**Exercise requirements**
From the data that follows, report the number of lines including "return", and only that number.

**Data shown**
ghost use Rattle.std.specs.Prelude.{◌≡◌, ◌≤◌, IfOk, length, map};
ghost use Rattle.rt_model.specs.Metadata.{IsDoneStatus};
ghost use Rattle.rt_segment.specs.Spelling.{header_of};
ghost use Rattle.rt_peer.specs.Fetching.{AsksPeers, Fetches, FetchesBy, IsNamedBy, unfound};

use crate::asking::{ask_deep, ask_peer};
use crate::files::header_by;
use crate::{Got, Peer, PeerFault, PeerRefused};
use rt_base::{Header, Partition, Sequence};
use rt_deep::DeepStore;
use rt_model::{SegMeta, Status};
use std::alloc::Global;

/// Fetches the file of a committed segment: from the deep store, or else from the first peer whose copy is the file that
/// the metadata names.
pub fn fetch<D: DeepStore, P: Peer>(
    alloc: Global,
    deep: &mut D,
    partition: Partition,
    sequence: Sequence,
    meta: &SegMeta,
    peers: &mut [P],
) -> Result<Got, PeerRefused>
    requires done { IsDoneStatus meta.now.status }
    requires few { length peers.old ≤ 4294967295 }
    ensures fetches { FetchesBy meta.now.status partition sequence meta.now (D.meaning deep.old) (D.meaning deep.new)
        (map P.meaning peers.old) (map P.meaning peers.new) result }
    ensures named { IfOk result (IsNamedBy meta.now.status partition sequence meta.now) }
{
    match &meta.status {
        Status::Done(commit) => {
            let wanted = header_by(partition, sequence, meta, commit);
            fetch_file(alloc, deep, commit.path.as_str(), wanted, peers)
        }
        _ => unreachable!(),
    }
}

/// Fetches the file with a header: from a path of the deep store, or else from the first peer that has it.
fn fetch_file<D: DeepStore, P: Peer>(
    alloc: Global,
    deep: &mut D,
    path: &str,
    wanted: Header,
    peers: &mut [P],
) -> Result<Got, PeerRefused>
    requires { length peers.old ≤ 4294967295 }
    ensures fetches { Fetches wanted path.now (D.meaning deep.old) (D.meaning deep.new) (map P.meaning peers.old) (map P.meaning peers.new) result }
    ensures named { IfOk result (λ got. header_of got.sealed ≡ wanted) }
{
    ask_all(alloc, deep, path, wanted, peers)
}

/// Asks the deep store, and then the peers.
fn ask_all<D: DeepStore, P: Peer>(
    alloc: Global,
    deep: &mut D,
    path: &str,
    wanted: Header,
    peers: &mut [P],
) -> Result<Got, PeerRefused>
    requires { length peers.old ≤ 4294967295 }
    ensures { Fetches wanted path.now (D.meaning deep.old) (D.meaning deep.new) (map P.meaning peers.old) (map P.meaning peers.new) result }
{
    match ask_deep(alloc, deep, path, wanted) {
        Ok(Some(sealed)) => Ok(Got { from: None, sealed }),
        Ok(None) => ask_peers(alloc, wanted, false, peers),
        Err(PeerFault::Failed) => ask_peers(alloc, wanted, true, peers),
        Err(PeerFault::Memory) => Err(PeerRefused::Memory),
    }
}

/// Asks the peers in order, up to the first that has the wanted file. Whether a fault was met before is told.
fn ask_peers<P: Peer>(
    alloc: Global,
    wanted: Header,
    faulted: bool,
    peers: &mut [P],
) -> Result<Got, PeerRefused>
    requires { length peers.old ≤ 4294967295 }
    ensures { AsksPeers wanted faulted 0 (map P.meaning peers.old) (map P.meaning peers.new) result }
{
    let mut failed = faulted;
    let mut number: u32 = 0;
    for peer in peers.iter_mut() {
        match ask_peer(alloc, peer, wanted) {
            Ok(Some(sealed)) => {
                return Ok(Got {
                    from: Some(number),
                    sealed,
                });
            }
            Ok(None) => {}
            Err(PeerFault::Failed) => failed = true,
            Err(PeerFault::Memory) => return Err(PeerRefused::Memory),
        }
        number += 1;
    }
    Err(unfound(failed))
}

/// Why no file was found.
fn unfound(faulted: bool) -> PeerRefused
    ensures { result ≡ unfound faulted }
{
    if faulted {
        PeerRefused::Faulted
    } else {
        PeerRefused::Nowhere
    }
}
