ghost use Rattle.rt_peer.specs.Meaning.{Meaning};
ghost use Rattle.rt_peer.specs.Calls.{Copies};

use crate::PeerFault;
use rt_base::{Partition, Sequence};
use rt_lists::Bytes;
use std::alloc::Global;

/// A holder of copies of committed segments' files.
///
/// A peer means what it holds of each segment, where that is told, and a count of faults. What it holds stays as it is,
/// and so does the count, unless it answers `Failed`: then the count rose.
pub trait Peer {
    /// What the peer means.
    ghost meaning: { Self → Meaning };

    /// The file that it holds of a segment; None where it holds none.
    fn copy(
        &mut self,
        alloc: Global,
        partition: Partition,
        sequence: Sequence,
    ) -> Result<Option<Bytes>, PeerFault>
        ensures { Copies (meaning self.old) (meaning self.new) partition sequence result };
}
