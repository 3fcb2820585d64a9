//! A committed segment's file from the deep store, or else from a peer.
//!
//! [`fetch`] asks the deep store for the file that a segment's metadata names, and then each peer in order for its copy
//! of the segment. It takes the first bytes that are the file of a segment with the partition, the sequence, the range,
//! the number of rows and the digest that the metadata names. All works on copies: a peer is only read.
#![tactic(auto)]

mod asking;
mod fetching;
mod files;
mod got;
mod laws;
mod peer;
mod peer_fault;
mod peer_refused;

pub use fetching::fetch;
pub use got::Got;
pub use laws::{
    a_refusal_tells_of_each_count, a_right_peers_file_is_the_one_file,
    no_fetch_passes_a_right_peer, no_fetch_passes_the_deep_stores_file,
    what_is_fetched_has_its_header,
};
pub use peer::Peer;
pub use peer_fault::PeerFault;
pub use peer_refused::PeerRefused;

**Task answer**
2